This appendix examines the benefits and drawbacks of RMI and details the architecture and logic behind it. We also compare RMI with CORBA, and we examine how RMI and EJB relate. After reading this, you will be able to write your own distributed object applications based on the RMI standard.
Remote Method Invocations
A remote procedure call (RPC) is a procedural invocation from a process on one machine to a process on another machine. RPCs enable traditional procedures to reside on multiple machines, yet still remain in communication. They are a simple way to perform cross-process or cross-machine networking.
A remote method invocation in Java takes the RPC concept one step further and allows for distributed object communications. RMI allows you to invoke methods on objects remotely, not merely procedures. You can build your networked code as full objects. This yields the benefits of an object-oriented programming, such as inheritance, encapsulation, and polymorphism.
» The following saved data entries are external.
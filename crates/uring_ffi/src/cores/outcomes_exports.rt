//! The calls of a list of outcomes that C makes: `wulgach_outcomes_..` of the header.
//!
//! Each returns 0, or the negative of an error number: -9 (EBADF) exactly at an empty place, but for `wulgach_outcomes_new`.
ghost use Rattle.std.specs.Prelude.{◌≡◌, ◌↔◌, pos, neg_ℤ, None, IsSome, IfSome, IsSomeAnd, MatchOption, map, slice_get, length};
ghost use Rattle.std.specs.Option.{option_and_then};
ghost use Rattle.uring_entry.specs.declared.errno.TheConstants.{EBADF, EINVAL, ENOENT, ENOMEM};
ghost use Rattle.uring_files.specs.Operations.{state_of, byte_of};
ghost use Rattle.uring_ffi_values.specs.CoreWords.Cuts as spec;
ghost use Rattle.uring_ffi_values.specs.Outcomes.Outcomes.{IsNoWalk, AreFound, ArePosted};
ghost use Rattle.uring_ffi_values.specs.Boxes.Places.{outcomes_in};
ghost use Rattle.uring_ffi_values.specs.CoreWords.ReadingForms.{words_of_state};

use std::alloc::Global;
use uring_entry::errno;
use uring_ffi_values::completion_words::CompletionWords;
use uring_ffi_values::outcomes_memory::outcomes_new_in;
use uring_ffi_values::outcomes_place::OutcomesPlace;
use uring_ffi_values::set_up_words::SetupWords;
use uring_ffi_values::state_words::{StateWords, state_words};
use uring_ffi_values::whole_call_memory::EntryWords;

/// Puts everything that calls may come to into a place, each once, and writes whether that is all: a walk takes at most so many paths, and what it has found by then is right. The entries of all calls are given one after another, with the length of each call. -22 (EINVAL) exactly if the set-up is refused, asks for a ring that stops after an entry with a fault or for Linux's rules, or a call has more entries than the submission ring; -12 (ENOMEM) if memory is refused. Then the place keeps what it had.
#[unsafe(no_mangle)]
pub extern "C" fn wulgach_outcomes_new(
    alloc: Global,
    place: &mut OutcomesPlace,
    setup: &SetupWords,
    entries: &[EntryWords],
    lens: &[u64],
    most: u64,
    is_all: &mut bool,
) -> i32
    ensures refused { (result ≡ neg_ℤ EINVAL) ↔ IsNoWalk setup.now lens.now }
    ensures results { (result ≡ pos 0 → ⊥) → (result ≡ neg_ℤ EINVAL → ⊥) → result ≡ neg_ℤ ENOMEM }
    ensures kept { (result ≡ pos 0 → ⊥)
        → (outcomes_in place.new ≡ outcomes_in place.old) × (is_all.new ≡ is_all.old) }
    ensures found { result ≡ pos 0 → IsSomeAnd (outcomes_in place.new)
        (λ found. AreFound setup.now (spec.cut lens.now (map (λ e. e.words) entries.now)) found
        × (is_all.new ≡ found.is_all)) }
{
    outcomes_new_in(&alloc, alloc, place, setup, entries, lens, most, is_all)
}

/// Writes how many outcomes there are, and whether these are all: if not, there may be more.
#[unsafe(no_mangle)]
pub extern "C" fn wulgach_outcomes_count(
    alloc: Global,
    place: &mut OutcomesPlace,
    count: &mut u64,
    is_all: &mut bool,
) -> i32
    ensures empty { (result ≡ neg_ℤ EBADF) ↔ (outcomes_in place.old ≡ None) }
    ensures kept { outcomes_in place.new ≡ outcomes_in place.old }
    ensures refused { outcomes_in place.old ≡ None
        → (count.new ≡ count.old) × (is_all.new ≡ is_all.old) }
    ensures count { IfSome (outcomes_in place.old)
        (λ found. (result ≡ pos 0) × (count.new ≡ length found.endings.items) × (is_all.new ≡ found.is_all)) }
{
    if !place.is_full {
        return -errno::EBADF;
    }
    *count = place.count(alloc);
    *is_all = place.is_all(alloc);
    0
}

/// Writes the completions of the outcome at this place, from 0, in the order in which they were posted, as many as there is room for, and how many there are. -2 (ENOENT) past the last.
#[unsafe(no_mangle)]
pub extern "C" fn wulgach_outcomes_completions(
    alloc: Global,
    place: &mut OutcomesPlace,
    index: u64,
    completions: &mut [CompletionWords],
    count: &mut u64,
) -> i32
    ensures empty { (result ≡ neg_ℤ EBADF) ↔ (outcomes_in place.old ≡ None) }
    ensures kept { outcomes_in place.new ≡ outcomes_in place.old }
    ensures refused { (result ≡ pos 0 → ⊥)
        → (completions.new ≡ completions.old) × (count.new ≡ count.old) }
    ensures posted { IfSome (outcomes_in place.old)
        (λ found. MatchOption (slice_get found.endings.items index) (result ≡ neg_ℤ ENOENT) (λ e. (result ≡ pos 0) × ArePosted e.posted completions.old completions.new count.new)) }
{
    if !place.is_full {
        return -errno::EBADF;
    }
    let Some(posted) = place.completions(alloc, index, completions) else {
        return -errno::ENOENT;
    };
    *count = posted;
    0
}

/// Writes how the file of a descriptor stands that the outcome at this place leaves. -2 (ENOENT) past the last outcome, or if there is no such file.
#[unsafe(no_mangle)]
pub extern "C" fn wulgach_outcomes_state(
    alloc: Global,
    place: &mut OutcomesPlace,
    index: u64,
    fd: i32,
    state: &mut StateWords,
) -> i32
    ensures empty { (result ≡ neg_ℤ EBADF) ↔ (outcomes_in place.old ≡ None) }
    ensures kept { outcomes_in place.new ≡ outcomes_in place.old }
    ensures refused { outcomes_in place.old ≡ None → state.new ≡ state.old }
    ensures state { IfSome (outcomes_in place.old)
        (λ found. MatchOption (option_and_then (λ e. state_of e.files fd) (slice_get found.endings.items index)) ((result ≡ neg_ℤ ENOENT) × (state.new ≡ state.old)) (λ s. (result ≡ pos 0) × (state.new ≡ words_of_state s))) }
{
    if !place.is_full {
        return -errno::EBADF;
    }
    let Some(found) = place.state(alloc, index, fd) else {
        return -errno::ENOENT;
    };
    *state = state_words(&found);
    0
}

/// Writes the byte at an offset of the file of a descriptor that the outcome at this place leaves. -2 (ENOENT) past the last outcome, if there is no such file, or the offset isn't below its length.
#[unsafe(no_mangle)]
pub extern "C" fn wulgach_outcomes_byte(
    alloc: Global,
    place: &mut OutcomesPlace,
    index: u64,
    fd: i32,
    at: u64,
    byte: &mut u8,
) -> i32
    ensures empty { (result ≡ neg_ℤ EBADF) ↔ (outcomes_in place.old ≡ None) }
    ensures kept { outcomes_in place.new ≡ outcomes_in place.old }
    ensures refused { outcomes_in place.old ≡ None → byte.new ≡ byte.old }
    ensures byte { IfSome (outcomes_in place.old)
        (λ found. MatchOption (option_and_then (λ e. byte_of e.files fd at) (slice_get found.endings.items index)) ((result ≡ neg_ℤ ENOENT) × (byte.new ≡ byte.old)) (λ b. (result ≡ pos 0) × (byte.new ≡ b))) }
{
    if !place.is_full {
        return -errno::EBADF;
    }
    let Some(found) = place.byte(alloc, index, fd, at) else {
        return -errno::ENOENT;
    };
    *byte = found;
    0
}

/// Frees the outcomes of a place, which is empty from then on.
#[unsafe(no_mangle)]
pub extern "C" fn wulgach_outcomes_free(alloc: Global, place: &mut OutcomesPlace) -> i32
    ensures empty { (result ≡ neg_ℤ EBADF) ↔ (outcomes_in place.old ≡ None) }
    ensures freed { outcomes_in place.new ≡ None }
    ensures done { IsSome (outcomes_in place.old) → result ≡ pos 0 }
{
    if !place.is_full {
        return -errno::EBADF;
    }
    *place = OutcomesPlace::empty(alloc);
    0
}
Remote method invocations are by no means simple. Below are just some of the issues that arise:
Marshalling and unmarshalling. Remote method invocations (as well as RPCs) allow you to pass parameters, including Java primitives and Java objects, over the network. But what if the target machine represents data differently than the way you represent data? For example, what happens if one machine uses a different binary standard to represent numbers? The problem becomes even more apparent when you start talking about objects. What happens if you send an object reference over the wire? That pointer is not usable on the other machine because that machine’s memory layout is completely different from yours. Marshalling and unmarshalling is the process of massaging parameters so that they are usable on the machine being invoked on remotely. It is the packaging and unpackaging of parameters so that they are usable in two heterogeneous environments. As we shall see, this is taken care of for you by Java and RMI.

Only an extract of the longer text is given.